Appalachian gas production has yet to reach its peak, according to the analysis. “We still anticipate (long-term) growth of 16% in Appalachian gas production, with the Marcellus and Utica forecast to add 5 Bcf/d over the next two decades,” Rystad relates, adding that region’s overall contribution to the nation’s total will, however, remain flat at 36% with the Permian and Haynesville driving most of the incremental growth. “Nevertheless, Appalachia will continue to remain the dominant supplier given its significant inventory of remaining drilling locations.”
The Haynesville is projected to become the largest source of U.S. output growth, adding 10 Bcf/d between 2020 and 2035 (86% growth). The region is forecast to account for 21% of the country’s gas production in 2035, compared to 13% in 2020.
The Haynesville remains poised to see a production growth of 5 Bcf/d or more over the next five years based on a conservative level of drilling, Rystad Energy estimates. “A key factor in the Haynesville’s ability to sustain an advantage will be to maintain the relative ease with which operators can transport gas from wellheads to Gulf Coast markets,” Rystad offers.
Significant growth also is forecast in gas volumes from tight oil plays. Rystad says associated gas from the Permian will account for more than 5 Bcf/d of growth from 2021 to 2035, driven primarily by the Delaware Basin.
Global LNG Tightness
The global liquefied natural gas market will get tighter over the next decade and could even see annual supply deficits as a result of likely delays in the development of LNG projects in Mozambique due to the country’s worsening security situation, according to Rystad.

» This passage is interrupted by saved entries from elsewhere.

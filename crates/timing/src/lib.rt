// What C calls to time recovery: many words of one code, under the same hints.
#![tactic(auto)]

ghost use Rattle.std.specs.Prelude.{⊤};

use cases::{HintReader, Work, split, with_kind};
use codes::{Code, set_up};
use fields::Kind;
use hints::Hints;
use recovery::{Prepared, prepare, recover_by};

// Writes the symbols at the front, as far as there is room. One by one: copy_from_slice, a call for a few bytes, costs one word in twenty.
fn put(room: &mut [u8], symbols: &[u8]) {
    for (cell, x) in room.iter_mut().zip(symbols) {
        *cell = *x;
    }
}

// Recovers each word that is there whole and has room in `out`, and answers how many were recovered.
fn recover_all<K: Kind>(
    kind: &K,
    code: &Code,
    prepared: &Prepared,
    hints: &Hints,
    words: &[u8],
    out: &mut [u8],
) -> usize {
    let n = code.course.len();
    let mut count = 0usize;
    for (word, room) in words.chunks_exact(n).zip(out.chunks_exact_mut(n)) {
        match recover_by(kind, code, prepared, hints, word) {
            Some(r) => {
                put(room, r.codeword.as_slice());
                count = count.saturating_add(1);
            }
            None => room.fill(0),
        }
    }
    count
}

// The words of one code, the bytes of its sheet and of the hints, and where the codewords go.
#[derive(Drop)]
struct Run<'a, 'o> {
    sheet: &'a [u8],
    hints: &'a [u8],
    words: &'a [u8],
    out: &'o mut [u8],
}

impl Work for Run<'_, '_> {
    type Out = usize;

    ghost gives = { λ _ _ _. ⊤ };

    fn run<K: Kind + Copy>(self, kind: &K) -> usize {
        let Ok(code) = set_up(kind, self.sheet) else {
            return 0;
        };
        let Some(prepared) = prepare(kind, &code) else {
            return 0;
        };
        let mut hints = Hints::none();
        for hint in HintReader::new(self.hints) {
            let _verdict = hint.add_to(kind, &code, &mut hints);
        }
        recover_all(kind, &code, &prepared, &hints, self.words, self.out)
    }
}

// The setting is the length of a sheet, the sheet, the number of row hints, each a block and an element, and the number of column
// hints, each a block, a length and as many coefficients. The first byte of the sheet names the kind: a shipped one, its mirror, or
// the brought one. Each word of as many symbols as the code has is recovered in turn, and its codeword stands at the same place of
// `out`, or zeros; words without room there are left out. Answers how many were recovered.
#[unsafe(no_mangle)]
pub extern "C" fn lrs_time_recover(setting: &[u8], words: &[u8], out: &mut [u8]) -> usize {
    let [size, bytes @ ..] = setting else {
        return 0;
    };
    let (sheet, hints) = split(bytes, usize::from(*size));
    let [number, ..] = sheet else {
        return 0;
    };
    // with_kind also knows the mirror of the brought kind, which is none of those that are timed
    if *number == 72 {
        return 0;
    }
    let work = Run {
        sheet,
        hints,
        words,
        out,
    };
    with_kind(*number, work).unwrap_or(0)
}
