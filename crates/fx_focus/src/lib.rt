//! What the pointer and the focus meet in the last picture: the node under a point (JavaFX `Node`, picking), the nodes
//! that the pointer left and came to, and the next node that takes the focus. It stands on the tree and the picture;
//! events are sent by what is found here.
#![tactic(auto)]

mod attached;
mod focus;
mod hover;
mod picks;

pub use attached::is_attached;
pub use focus::{next_focus, takes_focus};
pub use hover::{HoverChange, hover_change};
pub use picks::pick;
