//! Carrying a plan out, step by step.
ghost use Rattle.std.specs.Prelude.{◌≡◌, ◌≤◌, ◌++◌, IfErr, OnOk};
ghost use Rattle.std.specs.Option.{option_to_list};
ghost use Rattle.fx_stage_types.specs.declared.answers.StageError.TheVariants.{Memory};
ghost use Rattle.fx_scene_plan.specs.Plans.{IsScene, standing_of};
ghost use Rattle.fx_scene_build.specs.Steps.{IsStepTaken};
ghost use Rattle.fx_stage_model.specs.World.{IsUnwatched};

use crate::resolving::resolve;
use fx_base::{Ledgers, NodeKey, Work};
use fx_scene_plan::PlannedStep;
use fx_stage::Stage;
use fx_stage_types::StageError;
use std::alloc::Global;

/// Builds what is planned, and answers the nodes by their ordinals. What was built before a step that is refused, or
/// before memory ran out, stays on the stage.
pub fn build_scene<L: Ledgers>(
    alloc: Global,
    stage: &mut Stage,
    plan: Vec<PlannedStep>,
    work: &mut Work<L>,
) -> Result<Vec<NodeKey>, StageError>
    ensures scene { IsScene plan.items stage.old stage.new result }
    ensures quiet { IsUnwatched stage.old
        → OnOk result ((work.new.evaluated ≤ work.old.evaluated) × IsUnwatched stage.new) }
    ensures others { work.new ≡ record work.old { evaluated = work.new.evaluated } }
{
    let mut keys = Vec::new(alloc);
    let mut left = plan;
    left.reverse();
    while let Some(step) = left.pop() {
        take_step(alloc, stage, &mut keys, step, work)?;
    }
    Ok(keys)
}

/// Makes one step, and keeps the key of the node that it makes.
#[tactic(auto, unfolding(fx_scene_plan::specs::Plans::stepped))]
pub fn take_step<L: Ledgers>(
    alloc: Global,
    stage: &mut Stage,
    keys: &mut Vec<NodeKey>,
    step: PlannedStep,
    work: &mut Work<L>,
) -> Result<(), StageError>
    ensures taken { IsStepTaken step (standing_of stage.old keys.old.items)
        (standing_of stage.new keys.new.items) result }
    ensures quiet { IsUnwatched stage.old
        → OnOk result ((work.new.evaluated ≤ work.old.evaluated) × IsUnwatched stage.new) }
    ensures others { work.new ≡ record work.old { evaluated = work.new.evaluated } }
{
    let step = resolve(alloc, stage, keys.as_slice(), step)?;
    let made = stage.build(alloc, step, work)?;
    keep(keys, made)
}

fn keep(keys: &mut Vec<NodeKey>, made: Option<NodeKey>) -> Result<(), StageError>
    ensures ok { OnOk result (keys.new.items ≡ keys.old.items ++ option_to_list made) }
    ensures err { IfErr result (λ error. error ≡ Memory) }
{
    match made {
        Some(key) => keys.push(key)?,
        None => {}
    }
    Ok(())
}
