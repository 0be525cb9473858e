//! Room for further nodes.
ghost use Rattle.std.specs.Prelude.{◌≡◌, ◌<◌, Ok, length, nat_lt};
ghost use Rattle.fx_scene_build.specs.Steps.{IsPathRefusal};
ghost use Rattle.fx_scene_plan.specs.Plans as spec;
ghost use Rattle.fx_scene_plan.specs.Plans.{Says, standing_of};
ghost use Rattle.fx_stage_model.specs.Answers.{unless};
ghost use Rattle.fx_stage_types.specs.declared.refusals.Refusal.TheVariants.{Depth};

use crate::resolving::key_at;
use fx_base::NodeKey;
use fx_stage::Stage;
use fx_stage_types::{Refusal, StageError};
use fx_tree::TreeError;
use std::alloc::Global;

/// Is there room for a further node under the one of this ordinal? Nothing is made.
#[tactic(auto, unfolding(fx_scene_plan::specs::Plans::roomy))]
pub fn look_for_room(
    alloc: Global,
    stage: &Stage,
    keys: &[NodeKey],
    node: usize,
) -> Result<(), StageError>
    ensures { Says (λ done. standing_of stage.now keys.now) (spec.roomy (standing_of stage.now keys.now) node) result }
{
    let key = key_at(keys, node)?;
    room_below(alloc, stage, key)?;
    Ok(())
}

/// A tree has at most so many levels.
const MOST_LEVELS: usize = 64;

fn room_below(alloc: Global, stage: &Stage, key: NodeKey) -> Result<NodeKey, StageError>
    ensures { Says (λ found. found) (spec.room_below stage.now key) result }
{
    match stage.graph().tree().path(alloc, key) {
        Ok(path) => room_behind(path.as_slice(), key),
        Err(error) => Err(path_refusal(error)),
    }
}

fn room_behind(path: &[NodeKey], key: NodeKey) -> Result<NodeKey, StageError>
    ensures { Says (λ found. found) (unless (nat_lt 63 (length path.now)) Depth (Ok key)) result }
{
    if path.len() >= MOST_LEVELS {
        return Err(StageError::Refused(Refusal::Depth));
    }
    Ok(key)
}

fn path_refusal(error: TreeError) -> StageError
    ensures { IsPathRefusal error result }
{
    match error {
        TreeError::Memory => StageError::Memory,
        _ => StageError::Refused(Refusal::Unknown),
    }
}
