//! Planned steps by the keys and names that they mean.
ghost use Rattle.std.specs.Prelude.{◌≡◌, IfOk};
ghost use Rattle.fx_stage_model.specs.Building.{IsFitStep};
ghost use Rattle.fx_scene_plan.specs.Plans as spec;
ghost use Rattle.fx_scene_plan.specs.Plans.{Says, standing_of};

use fx_base::{List, Name, NodeKey};
use fx_graph_model::Formula;
use fx_scene_plan::{PlannedProperty, PlannedStep};
use fx_stage::Stage;
use fx_stage_types::{BuildStep, Refusal, StageError};
use fx_stage_words::has_operands;
use std::alloc::Global;

/// The step of building that is planned, or the word for why what it names isn't there.
#[tactic(auto, unfolding(fx_scene_plan::specs::Plans::resolved))]
pub fn resolve(
    alloc: Global,
    stage: &Stage,
    keys: &[NodeKey],
    step: PlannedStep,
) -> Result<BuildStep, StageError>
    ensures says { Says (λ found. found) (spec.resolved (standing_of stage.now keys.now) step) result }
    ensures fit { IfOk result IsFitStep }
{
    match step {
        PlannedStep::Node(class) => Ok(BuildStep::Node(class)),
        PlannedStep::Named(node, path) => Ok(BuildStep::Named(key_at(keys, node)?, path)),
        PlannedStep::Root(node) => Ok(BuildStep::Root(key_at(keys, node)?)),
        PlannedStep::Child(pane, child, spot) => Ok(BuildStep::Child(
            key_at(keys, pane)?,
            key_at(keys, child)?,
            spot,
        )),
        PlannedStep::Code(property, value) => {
            Ok(BuildStep::Code(property_at(stage, keys, &property)?, value))
        }
        PlannedStep::Bind(property, formula, operands) => {
            bind(alloc, stage, keys, &property, formula, &operands)
        }
        PlannedStep::Constraint(node, name, value) => {
            Ok(BuildStep::Constraint(key_at(keys, node)?, name, value))
        }
        PlannedStep::Class(node, name) => Ok(BuildStep::Class(key_at(keys, node)?, name)),
        PlannedStep::Inline(node, sheet) => Ok(BuildStep::Inline(key_at(keys, node)?, sheet)),
        PlannedStep::Sheet(node, sheet) => Ok(BuildStep::Sheet(key_if(keys, node)?, sheet)),
        PlannedStep::Convenience(node, on, action) => Ok(BuildStep::Convenience(
            key_at(keys, node)?,
            on,
            action,
        )),
        PlannedStep::Tracks(node, columns, rows) => {
            Ok(BuildStep::Tracks(key_at(keys, node)?, columns, rows))
        }
    }
}

/// The node of this ordinal.
pub(crate) fn key_at(keys: &[NodeKey], node: usize) -> Result<NodeKey, Refusal>
    ensures { result ≡ spec.key_in keys.now node }
{
    match keys.get(node) {
        Some(key) => Ok(*key),
        None => Err(Refusal::Unknown),
    }
}

/// The node of this ordinal, if there is one.
fn key_if(keys: &[NodeKey], node: Option<usize>) -> Result<Option<NodeKey>, Refusal>
    ensures { result ≡ spec.key_if keys.now node }
{
    match node {
        None => Ok(None),
        Some(node) => Ok(Some(key_at(keys, node)?)),
    }
}

/// The name of the property.
#[tactic(auto, unfolding(fx_scene_plan::specs::Plans::property_at))]
fn property_at(stage: &Stage, keys: &[NodeKey], planned: &PlannedProperty) -> Result<Name, Refusal>
    ensures { result ≡ spec.property_at (standing_of stage.now keys.now) planned.now }
{
    let key = key_at(keys, planned.node)?;
    match stage.name_of(key, &planned.property) {
        Some(name) => Ok(name),
        None => Err(Refusal::Property),
    }
}

/// The names of the properties.
fn properties_at(
    alloc: Global,
    stage: &Stage,
    keys: &[NodeKey],
    properties: &[PlannedProperty],
) -> Result<Vec<Name>, StageError>
    ensures { Says (λ names. names.items) (spec.properties_at (standing_of stage.now keys.now) properties.now) result }
{
    let mut names = Vec::with_capacity(alloc, properties.len())?;
    for property in properties {
        names.push(property_at(stage, keys, property)?)?;
    }
    Ok(names)
}

/// The binding of the property to the formula, which has all its operands.
fn bind(
    alloc: Global,
    stage: &Stage,
    keys: &[NodeKey],
    property: &PlannedProperty,
    formula: Formula,
    operands: &List<PlannedProperty>,
) -> Result<BuildStep, StageError>
    ensures says { Says (λ found. found) (spec.bound (standing_of stage.now keys.now) property.now formula operands.now)
        result }
    ensures fit { IfOk result IsFitStep }
{
    let name = property_at(stage, keys, property)?;
    let names = properties_at(alloc, stage, keys, operands.as_slice())?;
    if !has_operands(formula.as_expr(), names.len()) {
        return Err(StageError::Refused(Refusal::Syntax));
    }
    Ok(BuildStep::Bind(name, formula, List::from_vec(names)))
}
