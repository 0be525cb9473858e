//! The nodes that the pointer left, and those that it came to.
ghost use Rattle.std.specs.Prelude.{◌≡◌, IfOk, filter, not, reverse};
ghost use Rattle.std.specs.List.{list_any};
ghost use Rattle.fx_tree.specs.Scene.{is_same};
ghost use Rattle.fx_focus.specs.Hover.{has_key, missing};

use crate::attached::is_same;
use fx_base::{List, NodeKey};
use std::alloc::{AllocError, Global};

/// The nodes that the pointer isn't over any more, the deepest first, and those that it came to, the outermost first.
#[derive(Drop)]
pub struct HoverChange {
    pub left: List<NodeKey>,
    pub came: List<NodeKey>,
}

/// What changes between two chains of nodes, each from the outermost to the deepest, in the order of events.
pub fn hover_change(
    alloc: Global,
    old: &[NodeKey],
    new: &[NodeKey],
) -> Result<HoverChange, AllocError>
    ensures left { IfOk result (λ change. change.left ≡ reverse (missing old.now new.now)) }
    ensures came { IfOk result (λ change. change.came ≡ missing new.now old.now) }
{
    let mut left = missing(alloc, old, new)?;
    left.reverse();
    let came = missing(alloc, new, old)?;
    Ok(HoverChange {
        left: List::from_vec(left),
        came: List::from_vec(came),
    })
}

/// The keys that the others don't have.
fn missing(alloc: Global, keys: &[NodeKey], others: &[NodeKey]) -> Result<Vec<NodeKey>, AllocError>
    ensures { IfOk result (λ found. found.items ≡ missing keys.now others.now) }
{
    let mut found = Vec::new(alloc);
    for key in keys {
        if !has_key(others, *key) {
            found.push(*key)?;
        }
    }
    Ok(found)
}

fn has_key(keys: &[NodeKey], key: NodeKey) -> bool
    ensures { result ≡ has_key keys.now key }
{
    keys.iter().any(|other| is_same(*other, key))
}
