//! The plain player: all that a run writes for words and files, defined on lists and relations, with no flags, caches
//! or dirty regions.
#![tactic(auto)]

mod answers;

pub use answers::Status;
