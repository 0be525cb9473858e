//! The node under a point.
ghost use Rattle.std.specs.Prelude.{◌≡◌, reverse};
ghost use Rattle.std.specs.List.{find};
ghost use Rattle.std.specs.Option.{option_map};
ghost use Rattle.fx_focus.specs.Picks.{holds, is_hit, is_inside, pick};

use crate::attached::is_attached;
use fx_base::{NodeKey, Rect};
use fx_picture::{Bounds, Entry, Picture, bounds_of};
use fx_tree::Tree;

/// The node under a point, which is given in pixels from the window's upper left corner: the last of the picture whose
/// rectangle holds the point, that isn't disabled and still stands in the scene. Takes no memory.
pub fn pick(tree: &Tree, picture: &Picture, x: i64, y: i64) -> Option<NodeKey>
    ensures { result ≡ pick tree.now picture.now.entries x y }
{
    match last_hit(tree, picture.entries.as_slice(), x, y) {
        Some(entry) => Some(entry.key),
        None => None,
    }
}

fn last_hit<'a>(tree: &Tree, entries: &'a [Entry], x: i64, y: i64) -> Option<&'a Entry>
    ensures { option_map (λ e. e.now) result ≡ find (is_hit tree.now x y) (reverse entries.now) }
{
    entries.iter().rev().find(|entry| is_hit(tree, entry, x, y))
}

fn is_hit(tree: &Tree, entry: &Entry, x: i64, y: i64) -> bool
    ensures { result ≡ is_hit tree.now x y entry.now }
{
    holds(entry.rect, x, y) && !entry.disabled && is_attached(tree, entry.key)
}

fn holds(rect: Rect, x: i64, y: i64) -> bool
    ensures { result ≡ holds rect x y }
{
    is_inside(bounds_of(rect), (i128::from(x), i128::from(y)))
}

fn is_inside(bounds: Bounds, point: (i128, i128)) -> bool
    ensures { result ≡ is_inside bounds point.0 point.1 }
{
    (bounds.min_x <= point.0 && point.0 < bounds.max_x)
        && (bounds.min_y <= point.1 && point.1 < bounds.max_y)
}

Mozambique was once poised to catapult into the upper ranks of global LNG producers by the middle of this decade, but Total’s recent force majeure declaration signals indefinite delays on its LNG complex onshore Mozambique. The violent insurgencies also threaten ExxonMobil’s yet-to-be sanctioned Rovuma LNG. Together, the two projects represent 28 million tons per annum (MMtpa) of LNG capacity.
The market could see up to 9 MMtpa of supply removed between 2026 and 2030, disrupting global balances. Rystad says it forecasts a tightening LNG market through 2024 as demand continues to grow. “With a strong pipeline of liquefaction projects under construction, we previously expected that a new wave of supplies coming into the market around 2025 would create a downward cycle in prices,” the analysis states. “However, the potential delay of the Mozambican projects means that now there is an increasing risk of a prolonged period of tightness midway through this decade.